Apple has made many hardware mistakes and will continue to do so. All their software is designed to sell hardware; they rarely support non-Apple hardware.
Business is conservative. If it stops making bucketloads of money with the current formula then they will change. Otherwise expect the same for as long as it works for them.
Yeah, maybe. They are driving the price of software to zero which helps ios and macos device sales. But I think if they work hard to close things they might end up with a bigger part of a smaller pie. I don't know, maybe they don't need help from people on the outside and can do it all themselves.
Apple is in the business of selling systems that work to end users. Unfortunately, the only way that they can provide that assurance is total control over both the hardware and the software. In fact I suspect that within ten or so years, Apple will eliminate the final dependency -- on NVIDIA -- and migrate the Mac (and everything else) to a custom ISA.
They are an ARM licensee. ARM was acquired by NVIDIA. If there's bad blood between NVIDIA and Apple, all the more reason for Apple to drop ARM and go with a custom, Apple-designed ISA.
Apple has a lifetime license for ARM. There is nothing Nvidia can do to Apple on this front or any other.
But more than that, Nvidia needs Apple.
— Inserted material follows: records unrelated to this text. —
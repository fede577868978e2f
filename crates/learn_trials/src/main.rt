//! `learn_trials SEED COUNT`: learners on random problems.
//!
//! It draws so many problems, with secondary items and colours among them, and lets a learner look for a cover of each,
//! with a seed that is drawn. A learner that isn't stopped has to find a cover where the search in the defined order
//! finds one, and that there is none where that finds none. A walk that asks learners, and is stopped again and again,
//! has to find the same first cover. It prints how many problems there were, how many have a cover, how many conflicts
//! there were, and how many answers differ. `trials/try_learning.py` reads it.
#![tactic(auto)]

mod compare;
mod walking;

use crate::compare::{Seen, compare};
use dlx_reader::read_problem;
use drawn_problems::drawn_text;
use rand_pcg::Pcg32;
use std::alloc::{AllocError, Global};
use std::process::ExitCode;
use std::{env, io};

/// How it is called.
const USAGE: &str = "learn_trials SEED COUNT";

/// Compares the answers to one problem that is drawn; the only error is out of memory.
fn try_one(alloc: Global, rng: &mut Pcg32, seen: &mut Seen) -> Result<(), AllocError> {
    let text = drawn_text(alloc, rng)?;
    if let Ok(read) = read_problem(alloc, &text) {
        compare(alloc, &read.problem, rng, seen)?;
    }
    Ok(())
}

/// Compares the answers to so many problems that are drawn; the only error is out of memory.
fn try_all(alloc: Global, seed: u64, count: u32) -> Result<Seen, AllocError> {
    let mut rng = Pcg32::new(seed, 0);
    let mut seen = Seen::default();
    for _ in 0..count {
        try_one(alloc, &mut rng, &mut seen)?;
    }
    Ok(seen)
}

/// The words of the command line behind the program's name.
fn given_words(rt: &HostRuntime) -> io::Result<Vec<String>> {
    let mut given = Vec::new(rt.alloc());
    for word in env::args(rt)?.skip(1) {
        given.push(word)?;
    }
    Ok(given)
}

fn main(rt: HostRuntime) -> io::Result<ExitCode> {
    let words = given_words(&rt)?;
    if let [seed, count] = words.as_slice()
        && let Ok(seed) = seed.parse::<u64>()
        && let Ok(count) = count.parse::<u32>()
    {
        let seen = try_all(rt.alloc(), seed, count)?;
        println!(rt; "{seen}")?;
        return Ok(ExitCode::from(u8::from(seen.differ > 0)));
    }
    println!(rt; "{USAGE}")?;
    Ok(ExitCode::from(2))
}
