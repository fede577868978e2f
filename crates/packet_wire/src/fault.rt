//! Why bytes are no packet.

ghost use Rattle.std.specs.Prelude.{◌≡◌};
ghost use Rattle.packet_wire.specs.declared.fault.WireFault.TheVariants.{Memory};

use std::alloc::{AllocError, AllocFailed};

/// Why bytes are no packet: the first fault from left to right. `Memory` says nothing of the bytes.
#[derive(Clone, Copy, Debug, PartialEq, Eq)]
pub enum WireFault {
    /// The bytes end before a field does.
    Short,
    /// The first two bytes are not `43 4e`.
    Magic,
    /// The version is not 1 or 2.
    Version,
    /// The number of the kind is not 1 to 10 in version 1, or not 4 in version 2.
    Kind,
    /// The value of another field is not allowed, or the two sites don't go with the kind, which is tested behind the
    /// header.
    Field,
    /// Bytes stand after the last field.
    Trailing,
    /// Memory ran out.
    Memory,
}

impl From<AllocError> for WireFault {
    ghost from_gives = { λ _ e. e ≡ Memory };

    fn from(_e: AllocError) -> WireFault {
        WireFault::Memory
    }
}

impl<T: Drop> From<AllocFailed<T>> for WireFault {
    ghost from_gives = { λ _ e. e ≡ Memory };

    fn from(_e: AllocFailed<T>) -> WireFault {
        WireFault::Memory
    }
}
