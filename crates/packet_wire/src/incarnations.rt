//! The registry's view of membership, as a Members packet carries it: the number of node n is at index n - 1, and the
//! registry, which never restarts, isn't in it. It is a struct over a list, and not a list, since a contract sees of a
//! bare one its address and capacity, too.

ghost use Rattle.std.specs.Prelude.{◌≡◌, ℕ, List, IfOk};
ghost use Rattle.std.proofs.Common.{rules};
ghost use Rattle.std.specs.Cmp.Rules.{comparing};

use std::alloc::AllocError;
use std::marker::Model;

/// Incarnations of the nodes from 1 on, in their order.
#[derive(Debug, Drop)]
pub struct Incarnations {
    numbers: Vec<u32>,
}

impl Model for Incarnations {
    ghost Value = { List ℕ };

    ghost view = { λ i. i.numbers.items };
}

impl PartialEq for Incarnations {
    ghost use Rattle.std.specs.Prelude.{nat_eq};
    ghost use Rattle.std.specs.Cmp.Lexicographic.{pointwise};

    ghost eq = { λ a b. pointwise nat_eq a b };

    ghost laws = { Prim.search (comparing, rules) };

    fn eq(&self, other: &Incarnations) -> bool {
        self.numbers.as_slice() == other.numbers.as_slice()
    }
}

impl Eq for Incarnations {
    ghost laws = { Prim.search (comparing, rules) };
}

impl Clone for Incarnations {
    ghost is_clone = { λ a b. a ≡ b };

    fn clone(&self) -> Result<Self, AllocError> {
        let numbers = self.numbers.clone()?;
        Ok(Incarnations { numbers })
    }
}

impl Incarnations {
    /// The list of these incarnations.
    pub fn from_vec(numbers: Vec<u32>) -> Incarnations
        ensures { result ≡ numbers.items }
    {
        Incarnations { numbers }
    }

    /// The incarnations, as a list of the caller's.
    pub fn into_vec(self) -> Vec<u32>
        ensures { result.items ≡ self }
    {
        let Incarnations { numbers } = self;
        numbers
    }

    /// The incarnations in their order.
    pub fn as_slice(&self) -> &[u32]
        ensures { result.now ≡ self.now }
    {
        &self.numbers
    }

    /// An equal list; the only error is out of memory.
    pub fn copy(&self) -> Result<Incarnations, AllocError>
        ensures { IfOk result (λ copied. copied ≡ self.now) }
    {
        self.clone()
    }
}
Apple selling ARM macs to developers means that all developer tool chains are being updated to support ARM. This is vital to Nvidia’s plans of ARM server chips. It would never have been a reality without the M1 or something like it.
ARM is a joint-venture between Apple and Acorn, each had 43% of the capital back in 1996. Apple has a lifetime architecture license, they couldn't care less about who own ARM...
Not sure Apple would ever go completely custom, their MO when they need a component is to try to find something existing first (webkit, llvm) and adapt it. If there was bad blood they’d sooner adopt RISCV.
I really think the reality is more boring than openness vs closed-ness as kinds of existential threats to each other.
Given large enough and open enough markets, there’s niches for multiple approaches, whether that was the DOS/Windows approach of proprietary software and commoditized hardware, the Apple approach of proprietary hardware and software that uses open standards (which was also more or less the Unix workstation approach), the Amazon approach of commoditized compute and storage, or the FOSS approach of commoditized software on commoditized hardware which has further subdivisions that gave rise to Linux, GNU/Linux and multiple BSDs. Even MINIX and L4 have niches that they can and do fill, and isn’t QNX used in a bunch of cars?
The economy, American, Global, European, wherever you want to draw your lines, supports all of these approaches simultaneously because they all have benefits and drawbacks. Not the most exciting statement to make, so as an idea I feel like it just gets overlooked. People will use what they will wherever it makes sense and others will look at them funny and wish they did something different.
Still, it’s something to behold that the same decade that saw Apple make more money while locking down and shedding supplier relationships and most of the open standards they used to support also saw Raspberry Pis, Android replace at least three major mobile OSs, the web become more closed off (compared to the prior decades), RISC-V, Microsoft buying GitHub, and Raptor Computing Systems selling open POWER9 workstations. I don’t pay them much mind but I hear System 76 is doing well for itself selling good Linux PCs.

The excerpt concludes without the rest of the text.